Bent Out of Shape

For I am ready to fall, and my sorrow is continually before me.  For I admit my guilt; I am full of anxiety because of my sin.  Psalm 38:17-18  NASB

Admit my guilt – The Hebrew verb nāgad means “to make known.”  TWOT elaborates, “to place a matter high, conspicuous before a person.”[1]  In the social context of Israel, this probably entails public declaration.  Our version of confession to a priest, or even more privately, silent or whispered acknowledgement at the altar, isn’t a Hebrew idea simply because sin isn’t an individual matter.  Sin affects the community, as we note over and over in Scripture.  Its remedy is also public.  Therefore, admitting my sin cannot be carried out in secret, as if all I need to do is mention it in silent prayer.  No wonder the psalmist begins with “ripe for stumbling.”  This kind of confession will inevitably involve public reputation.

But what, exactly, is he confessing?  Robert Alter translates the next phrase, “For my crime I shall tell, I dread my offense.”  “Guilt” in the NASB becomes “crime” in Alter’s version.  Neither one communicates the full range of this Hebrew word, ʿāwōn.  The root of this word is ʿāwâ.

The basic meaning of the verb, “to bend, twist, distort,” can be seen in its concrete, non-theological uses: “I am bent over” (Niphal) (Ps 38:7); “the lord lays the earth waste, devastates it; and he ruins (Piel) it” (Isa 24:1). From this primary notion it derives the sense “to distort, to make crooked, to pervert”: “He has made my paths crooked (Piel)” (Lam 3:9): “I have … perverted (Hiphil) what is right” (Job 33:27); “a man of perverse (Niphal) heart will be despised” (Prov 12:8). When the distortion pertains to law it means “to sin, to infract, to commit a perversion/iniquity.” . . The derivative noun ʿāwōn occurs with only the derived, abstract theological notion of the root: “infraction, crooked behavior, perversion, iniquity, etc.”. . . the noun is a collective.[2]

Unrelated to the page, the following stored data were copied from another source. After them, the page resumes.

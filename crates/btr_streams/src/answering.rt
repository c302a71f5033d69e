//! The answers to questions, which a board reads from the trees of its streams.
ghost use Rattle.std.specs.Prelude.{◌≡◌, ◌<◌, ◌≤◌, ◌^◌, List, length, slice_get, IfOk, IsNone, MatchOption, Some, Option};
ghost use Rattle.btr_base.specs.Range.{RangeValue};
ghost use Rattle.btr_hist.specs.declared.entry.Entry.{Entry as EntrySpec};
ghost use Rattle.btr_hist.specs.declared.query.Query.TheVariants as ask;
ghost use Rattle.btr_hist.specs.History.{ids};
ghost use Rattle.btr_hist.specs.Answer.{answer, rows_from};
ghost use Rattle.btr_streams.specs.declared.asking.Wanted.TheVariants as want;
ghost use Rattle.btr_streams.specs.Board.{IsBoardOf, IsTreeOf, versions_in};
ghost use Rattle.btr_streams.specs.Wanted.{answer_to, MayBeRead};

use crate::asking::{StreamFacts, Wanted, test_query};
use crate::board::Board;
use btr_base::{Range, Toward};
use btr_diff::changes;
use btr_hist::{Answer, CellList, PointList, Query, Reads, Rows, StreamList, StreamRow};
use btr_scan::{nearest, range};
use btr_tree::{Label, Steps, Tree};
use btr_window::{aligned, windows};
use std::alloc::{AllocError, Global};

/// The label of the counters of walks that answer questions.
struct AnswerWalk;

impl Label for AnswerWalk {}

impl StreamFacts for Board {
    ghost use Rattle.btr_streams.specs.Board.{IsBoardOf, versions_in};

    ghost IsOf = { IsBoardOf };

    ghost versions = { λ b. versions_in b.streams };

    fn latest_version(&self, stream: u32) -> Option<u64> {
        self.latest(stream)
    }

    fn earliest_version(&self, stream: u32) -> u64 {
        match self.streams.get(stream as usize) {
            Some(kept) => kept.earliest,
            None => 0,
        }
    }

    fn is_output(&self, stream: u32) -> bool {
        self.spec(stream).is_some()
    }

    fn versions_read(&self, stream: u32, version: u64) -> Option<Reads> {
        self.reads(stream, version)
    }
}

impl Board {
    /// Answers a question. It costs the nodes of the tree that the question needs, and its rows. The list of all streams costs
    /// their number. An `Err` means out of memory.
    pub fn answer(&self, alloc: Global, query: &Query) -> Result<Answer, AllocError>
        ensures { (h : List EntrySpec) → IsBoardOf h self.now → IfOk result (λ a. a ≡ answer h query.now) }
    {
        match test_query(self, query) {
            Ok(wanted) => self.read(alloc, wanted),
            Err(refusal) => Ok(Answer::Refused(refusal)),
        }
    }

    /// Answers with what is wanted.
    fn read(&self, alloc: Global, wanted: Wanted) -> Result<Answer, AllocError>
        requires { MayBeRead (versions_in self.now.streams) wanted }
        ensures { (h : List EntrySpec) → IsBoardOf h self.now → IfOk result (λ a. a ≡ answer_to h wanted) }
    {
        match wanted {
            Wanted::Points {
                stream,
                version,
                range,
            } => self.points(alloc, stream, version, range),
            Wanted::Nearest {
                stream,
                version,
                time,
                toward,
            } => self.nearest(alloc, stream, version, time, toward),
            Wanted::Aligned {
                stream,
                version,
                range,
                p,
            } => self.aligned(alloc, stream, version, range, p),
            Wanted::Windows {
                stream,
                version,
                range,
                width,
            } => self.windows(alloc, stream, version, range, width),
            Wanted::Changes {
                stream,
                old,
                new,
                p,
            } => self.changes(alloc, stream, old, new, p),
            Wanted::Info {
                stream,
                version,
                output,
                reads,
            } => Ok(self.info(stream, version, output, reads)),
            Wanted::Streams => self.all_streams(alloc),
        }
    }

    /// Answers with the points of a range.
    fn points(
        &self,
        alloc: Global,
        stream: u32,
        version: u64,
        between: Range,
    ) -> Result<Answer, AllocError>
        requires { version < versions_in self.now.streams stream }
        ensures { (h : List EntrySpec) → IsBoardOf h self.now → IfOk result (λ a. a ≡ answer_to h (want.Points stream version between)) }
    {
        let found = range(alloc, self.tree_of(stream, version), between)?;
        Ok(Answer::Found {
            version,
            rows: Rows::Points(PointList::from_points(found)),
        })
    }

    /// Answers with the point nearest to a time.
    fn nearest(
        &self,
        alloc: Global,
        stream: u32,
        version: u64,
        time: i64,
        toward: Toward,
    ) -> Result<Answer, AllocError>
        requires { version < versions_in self.now.streams stream }
        ensures { (h : List EntrySpec) → IsBoardOf h self.now
            → IfOk result (λ a. a ≡ answer_to h (want.Nearest stream version time toward)) }
    {
        let mut steps = Steps::<AnswerWalk>::new();
        let mut found = Vec::new(alloc);
        if let Some(point) = nearest(self.tree_of(stream, version), time, toward, &mut steps) {
            found.push(point)?;
        }
        Ok(Answer::Found {
            version,
            rows: Rows::Points(PointList::from_points(found)),
        })
    }

    /// Answers with the aligned windows that meet a range.
    fn aligned(
        &self,
        alloc: Global,
        stream: u32,
        version: u64,
        between: Range,
        p: u8,
    ) -> Result<Answer, AllocError>
        requires there { version < versions_in self.now.streams stream }
        requires power { p ≤ 62 }
        ensures { (h : List EntrySpec) → IsBoardOf h self.now
            → IfOk result (λ a. a ≡ answer_to h (want.Aligned stream version between p)) }
    {
        let found = aligned(alloc, self.tree_of(stream, version), between, p)?;
        Ok(Answer::Found {
            version,
            rows: Rows::Cells(CellList::from_cells(found)),
        })
    }

    /// Answers with the windows of a width, from the start of a range on.
    fn windows(
        &self,
        alloc: Global,
        stream: u32,
        version: u64,
        between: Range,
        width: u64,
    ) -> Result<Answer, AllocError>
        requires there { version < versions_in self.now.streams stream }
        requires some { 1 ≤ width }
        requires most { width ≤ 2 ^ 62 }
        ensures { (h : List EntrySpec) → IsBoardOf h self.now
            → IfOk result (λ a. a ≡ answer_to h (want.Windows stream version between width)) }
    {
        let found = windows(alloc, self.tree_of(stream, version), between, width)?;
        Ok(Answer::Found {
            version,
            rows: Rows::Cells(CellList::from_cells(found)),
        })
    }

    /// Answers with the slots in which two versions differ.
    fn changes(
        &self,
        alloc: Global,
        stream: u32,
        old: u64,
        new: u64,
        p: u8,
    ) -> Result<Answer, AllocError>
        requires there { new < versions_in self.now.streams stream }
        requires order { old ≤ new }
        requires power { p ≤ 62 }
        ensures { (h : List EntrySpec) → IsBoardOf h self.now → IfOk result (λ a. a ≡ answer_to h (want.Changes stream old new p)) }
    {
        let mut steps = Steps::<AnswerWalk>::new();
        let older = self.tree_of(stream, old);
        let newer = self.tree_of(stream, new);
        let older = older.uncounted::<AnswerWalk>();
        let found = changes(alloc, older, newer, old, p, &mut steps)?;
        Ok(Answer::Found {
            version: new,
            rows: Rows::Ranges(found),
        })
    }

    /// Answers with the aggregate of a whole version, the kind of the stream, and what the version has read.
    fn info(&self, stream: u32, version: u64, output: bool, reads: Option<Reads>) -> Answer
        requires { version < versions_in self.now.streams stream }
        ensures { (h : List EntrySpec) → IsBoardOf h self.now → result ≡ answer_to h (want.Info stream version output reads) }
    {
        Answer::Found {
            version,
            rows: Rows::Info {
                output,
                agg: self.tree_of(stream, version).root_agg(),
                reads,
            },
        }
    }

    /// Answers with all streams, in order of creation.
    fn all_streams(&self, alloc: Global) -> Result<Answer, AllocError>
        ensures { (h : List EntrySpec) → IsBoardOf h self.now → IfOk result (λ a. a ≡ answer h ask.Streams) }
    {
        let mut rows = Vec::with_capacity(alloc, self.streams.len())?;
        for place in 0..self.streams.len() {
            let Some(row) = self.row(place) else {
                unreachable!()
            };
            rows.push(row)?;
        }
        Ok(Answer::Found {
            version: self.entries(),
            rows: Rows::Streams(StreamList::from_rows(rows)),
        })
    }

    /// Returns the row of the stream with this number, if there is one.
    fn row(&self, place: usize) -> Option<StreamRow>
        ensures past { IsNone result → length self.now.streams ≤ place }
        ensures row { (h : List EntrySpec) → IsBoardOf h self.now
            → MatchOption result (length (ids h) ≤ place) (λ r. slice_get (rows_from h 0 (ids h)) place ≡ Some r) }
    {
        let kept = self.streams.get(place)?;
        Some(StreamRow {
            id: kept.id,
            latest: (kept.trees.len() - 1) as u64,
            output: kept.spec.is_some(),
        })
    }

    /// Returns the tree of a version that the stream has. It costs logarithmic time and takes no memory.
    fn tree_of(&self, stream: u32, version: u64) -> &Tree
        requires { version < versions_in self.now.streams stream }
        ensures { (h : List EntrySpec) → IsBoardOf h self.now → IsTreeOf h stream version result.now }
    {
        match self.tree(stream, version) {
            Some(tree) => tree,
            None => unreachable!(),
        }
    }
}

What the psalmist makes known is not some particular sin.  He’s revealing his flawed character, his habitual disobedience.  And not even that, since disobedience implies some accepted standard.  He’s writing about the awareness of being bent out of shape.  He feels the dislocation—from his community and from himself.  There’s a perverse figure hiding in his consciousness, an alien force (yetzer ha’ra) willing and able to undermine even his best intentions.  Paul had something to say about this more than one thousand years later.  This is like standing in the public square and declaring, “Look!  Something’s wrong.  I’m broken!”

Some theologians transformed this existential experience into doctrine and produced the idea of Original Sin, as if we were born infected with guilt.  As my Italian friend commented, “All Italians know they are guilty.  They just don’t know why.”  But the psalmist isn’t endorsing a nebulous idea of guilt at birth.  He’s just describing that feeling we have when we try so hard to do what is right and it still comes out wrong.  It’s not about blame.  It’s about the broken creation—a fact of life, I’m afraid.  That doesn’t make it any easier.  It just helps us understand the ripple effects of sin.  The biblical world is not a Pollyanna projection.  It’s a gut-check reality.  And it’s not going away any time soon.  The real issue is what to do in the midst of this mess.  Maybe the psalmist will give us some advice.  We’ll see.

Topical Index: ʿāwōn, crime, sin, nāgad, make known, Psalm 38:18

[1] Coppes, L. J. (1999). 1289 נָגַד. R. L. Harris, G. L. Archer Jr., & B. K. Waltke (Eds.), Theological Wordbook of the Old Testament (electronic ed., p. 549). Chicago: Moody Press.

[2] Schultz, C. (1999). 1577 עָוָה. R. L. Harris, G. L. Archer Jr., & B. K. Waltke (Eds.), Theological Wordbook of the Old Testament (electronic ed., p. 650). Chicago: Moody Press.